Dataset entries
============

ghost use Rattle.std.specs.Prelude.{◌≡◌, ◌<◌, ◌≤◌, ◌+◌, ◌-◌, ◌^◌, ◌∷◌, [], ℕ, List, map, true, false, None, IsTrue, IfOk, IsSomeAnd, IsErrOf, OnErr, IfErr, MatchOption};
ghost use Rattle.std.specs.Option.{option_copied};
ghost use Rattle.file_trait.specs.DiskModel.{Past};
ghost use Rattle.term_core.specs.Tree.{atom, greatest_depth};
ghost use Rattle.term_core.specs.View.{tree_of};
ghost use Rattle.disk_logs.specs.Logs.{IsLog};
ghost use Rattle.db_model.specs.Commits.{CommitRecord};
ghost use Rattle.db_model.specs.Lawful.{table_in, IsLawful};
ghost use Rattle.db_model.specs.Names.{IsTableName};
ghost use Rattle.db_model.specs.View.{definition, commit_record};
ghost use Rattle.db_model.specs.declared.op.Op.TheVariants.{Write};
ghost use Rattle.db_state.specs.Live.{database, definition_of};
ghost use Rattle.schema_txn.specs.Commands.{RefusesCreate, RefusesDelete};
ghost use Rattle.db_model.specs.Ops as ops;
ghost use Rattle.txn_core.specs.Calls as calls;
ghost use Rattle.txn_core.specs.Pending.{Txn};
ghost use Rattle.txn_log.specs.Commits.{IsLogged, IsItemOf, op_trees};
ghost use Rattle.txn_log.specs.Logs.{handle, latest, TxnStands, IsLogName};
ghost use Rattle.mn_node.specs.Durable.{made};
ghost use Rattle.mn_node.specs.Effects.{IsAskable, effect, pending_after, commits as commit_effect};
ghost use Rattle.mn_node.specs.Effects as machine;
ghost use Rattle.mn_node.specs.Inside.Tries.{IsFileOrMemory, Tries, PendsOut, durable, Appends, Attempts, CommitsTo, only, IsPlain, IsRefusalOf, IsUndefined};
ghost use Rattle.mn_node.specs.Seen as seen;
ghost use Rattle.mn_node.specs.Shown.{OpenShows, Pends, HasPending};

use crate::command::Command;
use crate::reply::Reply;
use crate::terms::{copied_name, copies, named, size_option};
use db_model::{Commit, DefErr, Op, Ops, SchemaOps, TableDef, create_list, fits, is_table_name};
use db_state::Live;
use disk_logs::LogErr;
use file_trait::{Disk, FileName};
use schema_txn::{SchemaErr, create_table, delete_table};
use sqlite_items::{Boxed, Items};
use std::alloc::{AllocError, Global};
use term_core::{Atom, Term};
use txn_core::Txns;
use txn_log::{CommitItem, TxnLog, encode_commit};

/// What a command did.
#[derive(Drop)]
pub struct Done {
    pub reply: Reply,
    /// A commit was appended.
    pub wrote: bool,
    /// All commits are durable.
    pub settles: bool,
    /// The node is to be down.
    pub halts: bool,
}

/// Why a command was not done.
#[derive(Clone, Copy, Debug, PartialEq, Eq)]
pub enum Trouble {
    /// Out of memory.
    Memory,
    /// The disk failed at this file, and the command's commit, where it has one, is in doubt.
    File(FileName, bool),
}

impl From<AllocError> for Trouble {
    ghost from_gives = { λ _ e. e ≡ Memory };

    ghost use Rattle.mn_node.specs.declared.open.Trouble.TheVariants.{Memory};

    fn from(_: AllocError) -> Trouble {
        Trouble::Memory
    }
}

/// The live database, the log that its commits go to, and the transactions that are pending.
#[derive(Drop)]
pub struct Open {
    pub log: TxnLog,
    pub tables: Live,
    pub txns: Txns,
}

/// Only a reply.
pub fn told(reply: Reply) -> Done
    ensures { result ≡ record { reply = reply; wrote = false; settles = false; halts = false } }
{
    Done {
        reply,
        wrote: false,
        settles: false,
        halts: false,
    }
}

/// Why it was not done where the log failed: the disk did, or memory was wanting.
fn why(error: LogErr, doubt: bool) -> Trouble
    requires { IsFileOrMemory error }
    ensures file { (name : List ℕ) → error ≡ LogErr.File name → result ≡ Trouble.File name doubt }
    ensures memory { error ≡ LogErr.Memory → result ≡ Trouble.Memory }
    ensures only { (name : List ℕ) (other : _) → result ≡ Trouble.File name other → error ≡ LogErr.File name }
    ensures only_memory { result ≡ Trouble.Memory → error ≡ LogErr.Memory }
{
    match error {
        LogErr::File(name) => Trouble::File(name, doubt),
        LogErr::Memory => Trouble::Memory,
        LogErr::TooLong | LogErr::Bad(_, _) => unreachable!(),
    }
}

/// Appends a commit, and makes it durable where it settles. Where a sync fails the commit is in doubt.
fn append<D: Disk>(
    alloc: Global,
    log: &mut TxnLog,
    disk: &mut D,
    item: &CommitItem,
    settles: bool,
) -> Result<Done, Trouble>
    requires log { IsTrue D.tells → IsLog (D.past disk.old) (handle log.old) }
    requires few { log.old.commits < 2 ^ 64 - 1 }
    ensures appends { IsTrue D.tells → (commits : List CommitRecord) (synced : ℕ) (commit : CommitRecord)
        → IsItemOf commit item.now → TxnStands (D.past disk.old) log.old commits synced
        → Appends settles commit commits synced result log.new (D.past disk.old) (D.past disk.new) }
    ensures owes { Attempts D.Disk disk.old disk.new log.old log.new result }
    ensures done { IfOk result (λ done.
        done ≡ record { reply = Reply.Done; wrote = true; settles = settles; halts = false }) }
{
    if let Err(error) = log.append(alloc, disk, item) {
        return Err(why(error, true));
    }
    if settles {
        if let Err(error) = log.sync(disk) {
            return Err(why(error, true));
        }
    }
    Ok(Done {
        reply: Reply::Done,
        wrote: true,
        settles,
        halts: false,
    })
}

============

» **Directions for this task**
An exact, complete copy of the lines above from the one with "pub struct Done" through the one with "log.old.commits < 2" is the whole answer.

» **Result for this exercise**
pub struct Done {
    pub reply: Reply,
    /// A commit was appended.
    pub wrote: bool,
    /// All commits are durable.
    pub settles: bool,
    /// The node is to be down.
    pub halts: bool,
}

/// Why a command was not done.
#[derive(Clone, Copy, Debug, PartialEq, Eq)]
pub enum Trouble {
    /// Out of memory.
    Memory,
    /// The disk failed at this file, and the command's commit, where it has one, is in doubt.
    File(FileName, bool),
}

impl From<AllocError> for Trouble {
    ghost from_gives = { λ _ e. e ≡ Memory };

    ghost use Rattle.mn_node.specs.declared.open.Trouble.TheVariants.{Memory};

    fn from(_: AllocError) -> Trouble {
        Trouble::Memory
    }
}

/// The live database, the log that its commits go to, and the transactions that are pending.
#[derive(Drop)]
pub struct Open {
    pub log: TxnLog,
    pub tables: Live,
    pub txns: Txns,
}

/// Only a reply.
pub fn told(reply: Reply) -> Done
    ensures { result ≡ record { reply = reply; wrote = false; settles = false; halts = false } }
{
    Done {
        reply,
        wrote: false,
        settles: false,
        halts: false,
    }
}

/// Why it was not done where the log failed: the disk did, or memory was wanting.
fn why(error: LogErr, doubt: bool) -> Trouble
    requires { IsFileOrMemory error }
    ensures file { (name : List ℕ) → error ≡ LogErr.File name → result ≡ Trouble.File name doubt }
    ensures memory { error ≡ LogErr.Memory → result ≡ Trouble.Memory }
    ensures only { (name : List ℕ) (other : _) → result ≡ Trouble.File name other → error ≡ LogErr.File name }
    ensures only_memory { result ≡ Trouble.Memory → error ≡ LogErr.Memory }
{
    match error {
        LogErr::File(name) => Trouble::File(name, doubt),
        LogErr::Memory => Trouble::Memory,
        LogErr::TooLong | LogErr::Bad(_, _) => unreachable!(),
    }
}

/// Appends a commit, and makes it durable where it settles. Where a sync fails the commit is in doubt.
fn append<D: Disk>(
    alloc: Global,
    log: &mut TxnLog,
    disk: &mut D,
    item: &CommitItem,
    settles: bool,
) -> Result<Done, Trouble>
    requires log { IsTrue D.tells → IsLog (D.past disk.old) (handle log.old) }
    requires few { log.old.commits < 2 ^ 64 - 1 }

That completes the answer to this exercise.